Last week I delved into the science of how film captures an image. This time we’ll investigate the very different means by which electronic sensors achieve the same result.
In the twentieth century, the most common type of electronic imaging sensor was the charge-coupled device or CCD. A CCD is made up of metal-oxide-semiconductor (MOS) capacitors, invented by Bell Labs in the late fifties. Photons striking a MOS capacitor give it a charge proportional to the intensity of the light. The charges are passed down the line through adjacent capacitors to be read off by outputs at the edges of the sensor. This techniques limits the speed at which data can be output.
My first camcorder, an early nineties analogue 8mm video device by Sanyo, contained a single CCD. Professional cameras of that time had three: one sensor each for red, green and blue. Prisms and dichroic filters would split the image from the lens onto these three CCDs, resulting in high colour fidelity.
A CCD alternates between phases of capture and read-out, similar to how the film in a traditional movie camera pauses to record the image, then moves on through the gate while the shutter is closed. CCD sensors therefore have a global shutter, meaning that the whole of the image is recorded at the same time.
CCDs are still used today in scientific applications, but their slow data output, higher cost and greater power consumption have seen them fall by the wayside in entertainment imaging, in favour of CMOS.
Complementary metal-oxide-semiconductor sensors (a.k.a. APS or active-pixel sensors) have been around just as long as their CCD cousins, but until the turn of the millennium they were not capable of the same imaging quality.
Each pixel of a typical CMOS sensors consists of a pinned photodiode, to detect the light, and a metal-oxide-semiconductor field-effect transistor. This MOSFET is an amplifier – putting the “active” into the name “active-pixel sensor” – which reduces noise and converts the photodiode’s charge to a voltage. Other image processing technology can be built into the sensor too.
The primary disadvantage of CMOS sensors is their rolling shutter. Because they capture an image row by row, top to bottom, rather than all at once, fast-moving subjects will appear distorted. Classic examples include vertical pillars bending as a camera pans quickly over them, or a photographer’s flash only lighting up half of the frame. (See the video below for another example, shot an iPhone.) The best CMOS sensors read the rows quickly, reducing this distortion but not eliminating it.

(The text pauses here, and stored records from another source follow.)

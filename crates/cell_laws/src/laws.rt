//! What the words of FRAM have of a plan's cells, as the contracts of functions that do nothing (docs/CODE.md, "What is
//! proved").
ghost use Rattle.std.specs.Prelude.{◌≡◌, ◌≤◌, ◌-◌, ℕ, [], ◌∷◌, Some, slice_get};
ghost use Rattle.cell_laws.specs.Standing.{Stands, Fits, CommitFits, SealStands, address_of, word_of};
ghost use Rattle.fram_ram.specs.Memories.{put};
ghost use Rattle.run_plan.specs.Cells.{CellWrite, CopyValued, State, after_write, puts_class, puts_flag, puts_from, puts_length, puts_stamp, puts_state, puts_to, puts_value};
ghost use Rattle.task_ast.specs.WellFormed.{IsWellFormed};
ghost use Rattle.task_ast.specs.declared.core_form.Core.{Core};
ghost use Rattle.task_ast.specs.declared.core_form.CoreTask.{CoreTask};
ghost use Rattle.task_ast.specs.declared.core_form.Site.TheVariants as site;
ghost use Rattle.task_ast.specs.declared.tree.Ann.{Ann};
ghost use Rattle.word_isa.specs.declared.parts.Scheme.{Scheme};

use layout_laws::{each_place_lies_in_its_area, no_two_places_share_an_address};

/// Where the words of FRAM stand for a plan's cells, a write of the plan, but for a commit's, is one word at the cell's address,
/// and behind it the words stand for the cells again.
pub fn a_write_of_the_plan_is_one_word()
    ensures { (c : Core) (scheme : Scheme) (t : CoreTask) (m : ℕ → ℕ) (s : State) (w : CellWrite) → IsWellFormed c → Stands c scheme t m s → Fits c scheme t m s w
        → Stands c scheme t (put m (address_of c scheme s w) (word_of c scheme s w)) (after_write c.arrays w s) }
{
    each_place_lies_in_its_area();
    no_two_places_share_an_address();
}

/// A commit is one word too, and behind it the words stand for the cells of any next task, with no record that holds.
pub fn a_commit_is_one_word()
    ensures { (c : Core) (scheme : Scheme) (t next : CoreTask) (m : ℕ → ℕ) (s : State) (epoch task bank : ℕ) → IsWellFormed c → Stands c scheme t m s → CommitFits c scheme s epoch bank
        → Stands c scheme next (put m 0 (word_of c scheme s (puts_state epoch task bank))) (after_write c.arrays (puts_state epoch task bank) s) }
{
    each_place_lies_in_its_area();
}

/// A call's record is sealed by three words, its flag last: then the words stand for the cells, the record among them. The flag
/// alone, before the two others, would stand for a record that isn't there.
pub fn a_call_s_record_is_sealed()
    ensures { (c : Core) (scheme : Scheme) (t : CoreTask) (m : ℕ → ℕ) (s : State) (k word time : ℕ) (ann : Ann) → slice_get t.sites (k - 1) ≡ Some (site.Io ann)
        → SealStands c scheme t k (puts_value k word ∷ puts_stamp k time ∷ puts_flag k s.epoch ∷ []) m s }
{
    each_place_lies_in_its_area();
    no_two_places_share_an_address();
}

/// A block's, by two.
pub fn a_block_s_record_is_sealed()
    ensures { (c : Core) (scheme : Scheme) (t : CoreTask) (m : ℕ → ℕ) (s : State) (k time : ℕ) (ann : Ann) → slice_get t.sites (k - 1) ≡ Some (site.Block ann)
        → SealStands c scheme t k (puts_stamp k time ∷ puts_flag k s.epoch ∷ []) m s }
{
    each_place_lies_in_its_area();
    no_two_places_share_an_address();
}

/// And a copy's, by five.
pub fn a_copy_s_record_is_sealed()
    ensures { (c : Core) (scheme : Scheme) (t : CoreTask) (m : ℕ → ℕ) (s : State) (k : ℕ) (v : CopyValued) (n : ℕ) → slice_get t.sites (k - 1) ≡ Some (site.Copy n)
        → SealStands c scheme t k (puts_class k v.class ∷ puts_to k v.to ∷ puts_from k v.from ∷ puts_length k v.length ∷ puts_flag k s.epoch ∷ []) m s }
{
    each_place_lies_in_its_area();
    no_two_places_share_an_address();
}
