// Outcomes of `CASE`, each with whether a call was made to fail, and the outcome's first difference from the case.
const DIFFERENCES: &[(Found, bool, &str)] = &[
    (GOOD, false, ""),
    (GOOD, true, ""),
    (
        Found {
            reply: "done",
            ..GOOD
        },
        false,
        "reply 1: done, ended",
    ),
    (
        Found {
            output: "a\nb",
            ..GOOD
        },
        false,
        "output from byte 1: \\nb, \\r\\nb",
    ),
    (
        Found {
            output: "a\r\n",
            ..GOOD
        },
        true,
        "output from byte 3: , b",
    ),
    (
        Found {
            output: "a\r\nbc",
            ..GOOD
        },
        false,
        "output from byte 4: c, ",
    ),
    (
        Found {
            end: "closed",
            ..GOOD
        },
        false,
        "the end: closed, cut",
    ),
    (
        Found { later: 1, ..GOOD },
        false,
        "calls after a failure: 1, 0",
    ),
    (
        Found {
            failures: 1,
            ..GOOD
        },
        false,
        "failures: 1, 0",
    ),
    // After an injected failure a prefix of the output is enough. Only the reply to a step that responds, writes or
    // flushes may report the failure.
    (
        Found {
            failures: 1,
            output: "a",
            ..GOOD
        },
        true,
        "",
    ),
    (
        Found {
            failures: 1,
            output: "b",
            ..GOOD
        },
        true,
        "output from byte 0: b, a\\r\\nb",
    ),
    (
        Found {
            failures: 2,
            ..GOOD
        },
        true,
        "failures: 2, 1",
    ),
    (
        Found {
            failures: 1,
            reply: "fault Interrupted",
            ..GOOD
        },
        true,
        "reply 1: fault Interrupted, ended",
    ),
];
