//! The machine's activation frames, of 38 words each, in one block of raw memory.
#![tactic(auto)]

mod block;
mod frames;

pub use frames::{FRAME_WORDS, FrameArena};

#[cfg(test)]
mod tests;
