// The items of an input, and queries.
use s80_base::Text;
use s80_chunk::Item;

/// What a file of changes has.
#[derive(Debug, Drop)]
pub enum Filed {
    /// What makes all classes.
    All,
    /// What makes the class of this name.
    Class(Text),
    /// The change set.
    Set,
}

/// A command beside an input of items: what may be asked of a folder.
#[derive(Debug, Drop)]
pub enum Query {
    /// How much there is in the folder.
    Recover,
    /// The names of all classes.
    Classes,
    /// The class of this name: its definition, its comment, its class-side variables, and the selectors of its methods by category.
    Browse(Text),
    /// The source of a method: its class, with ` class` behind the name for the class side, and its selector.
    Source(Text, Text),
    /// All versions of a method, the newest first, named as for its source.
    Versions(Text, Text),
    /// The change set.
    Changes,
    /// A file of changes, with the moment in its first line.
    FileOut(Filed),
    /// The methods that send this selector.
    Senders(Text),
    /// The methods of this selector.
    Implementors(Text),
    /// The methods that read or assign this outer name.
    References(Text),
    /// The outer names to which methods refer, and which nothing has.
    Undeclared,
    /// The selectors that methods send, and of which there is no method.
    Unimplemented,
    /// The selectors of methods that no method sends.
    Unsent,
    /// Not a question: a snapshot is asked for, and its note is kept.
    Snapshot,
    /// Nor is this: the condensed list takes the place of the list. It makes the same classes and methods.
    Condense,
}

/// An item of the input, the rest of an input that ends within an item, or a query.
#[derive(Debug, Drop)]
pub enum SessionItem {
    Chunk(Item),
    Unended,
    Query(Query),
}
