// One block of raw memory that holds items from its beginning on. Nothing here takes memory but `allocate`.
ghost use Rattle.std.specs.Prelude.{◌≡◌, ℕ, ◌-◌, ◌<◌, ◌≤◌, List, [], ◌∷◌, ◌++◌, length, take, drop, IfOk, IsTrue};
ghost use Rattle.std.specs.Borrow.{sem};
ghost use Rattle.std.specs.Vec.Ownership.{FitsInBlock};
ghost use prog.Memory.{size, capped};
ghost use denote.Param.{layout};
ghost use Rattle.s80_frames.specs.Blocks.{block_owns};

use std::alloc::{AllocError, Allocator};
use std::marker::{Model, PhantomData};
use std::mem::{align_of, size_of};
use std::slice;

/// A block of an allocator with room for so many items, of which the first ones are written. With room for none it has no
/// memory. Whoever holds it counts its items and its room.
pub(crate) struct Block<T, A: Allocator> {
    ptr: *mut T,
    by: PhantomData<A>,
    pub(crate) ghost heap: { A },
    pub(crate) ghost room: { ℕ },
    pub(crate) ghost items: { List T },
}

impl<T, A: Allocator> Model for Block<T, A> {
    ghost also_owns = { λ b. block_owns (A.dealloc_token b.heap) T.row b.ptr b.room b.items };
}

// The size of an item, as a plain number.
fn item_size<T>() -> usize
    ensures { result ≡ capped (size (layout T.row)) }
{
    size_of::<T>()
}

/// Whether a block may have room for so many items.
pub(crate) fn fits<T>(room: usize) -> bool
    ensures { IsTrue result → FitsInBlock T.row room }
{
    let most = isize::MAX as usize;
    match room.checked_mul(item_size::<T>()) {
        Some(bytes) => bytes <= most && room <= most,
        None => false,
    }
}

impl<T, A: Allocator> Block<T, A> {
    ghost use Rattle.s80_frames.specs.BlockLending.{LendsRun};

    /// A block with room for no item. Contracts remember the allocator.
    pub(crate) fn none(_alloc: &A) -> Self
        ensures { (result.heap ≡ _alloc.now) × (result.room ≡ 0) × (result.items ≡ []) }
    {
        let nothing: [T; 0] = [];
        Block {
            ptr: &raw const nothing as *mut T,
            by: PhantomData,
        }
    }

    pub(crate) fn allocate(alloc: &A, room: usize) -> Result<Self, AllocError>
        requires { FitsInBlock T.row room × (0 < room) }
        ensures { IfOk result (λ b. (b.heap ≡ alloc.now) × (b.room ≡ room) × (b.items ≡ [])) }
    {
        match alloc.allocate(room * size_of::<T>(), align_of::<T>()) {
            Ok(at) => Ok(Block {
                ptr: at as *mut T,
                by: PhantomData,
            }),
            Err(refused) => Err(refused),
        }
    }

    /// Writes an item behind the others.
    pub(crate) fn put(&mut self, count: usize, item: T)
        requires { (count ≡ length self.old.items) × (count < self.old.room) }
        ensures { (self.new.items ≡ self.old.items ++ item ∷ []) × (self.new.room ≡ self.old.room) × (self.new.heap ≡ self.old.heap) }
    {
        unsafe { self.ptr.add(count).write(item) }
    }

    /// Lends the items from one place to another.
    pub(crate) fn run_mut(&mut self, start: usize, end: usize) -> &mut [T]
        requires { (start ≤ end) × (end ≤ length self.old.items) × (length self.old.items ≤ self.old.room) }
        ensures* writes_back { sem 𝓛 (LendsRun T.row A.row A.Allocator self.entry start result) }
        ensures value { result.now ≡ take (end - start) (drop start self.old.items) }
    {
        unsafe { slice::from_raw_parts_mut(self.ptr.add(start), end - start) }
    }

    /// Gives the memory back, where there is some.
    pub(crate) fn free(self, alloc: &A, room: usize)
        requires { (self.room ≡ room) × (length self.items ≤ room) × (self.heap ≡ alloc.now) }
    {
        let Block { ptr, by: _ } = self;
        if room != 0 {
            unsafe {
                alloc.deallocate(ptr as *mut u8, room * size_of::<T>(), align_of::<T>());
            }
        }
    }
}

CMOS sensors are cheaper, less power-hungry, and not suspectible to the highlight blooming or smearing of CCDs. They are also faster in terms of data output, and in recent years their low-light sensitivity has surpassed CCD technology too.
Beyond the Sensor
The analogue voltages from the sensor, be it CCD or CMOS, are next passed to an analogue-to-digital convertor (ADC) and thence to the digital signal processor (DSP). How much work the DSP does depends whether you’re recording in RAW or not, but it could include things like correcting the gamma and colour balance, and converting linear values to log. Debayering the image is a very important task for the DSP, and I’ve covered this in detail in my article on how colour works.
After the DSP, the signal is sent to the monitor outputs and the storage media, but that’s another story.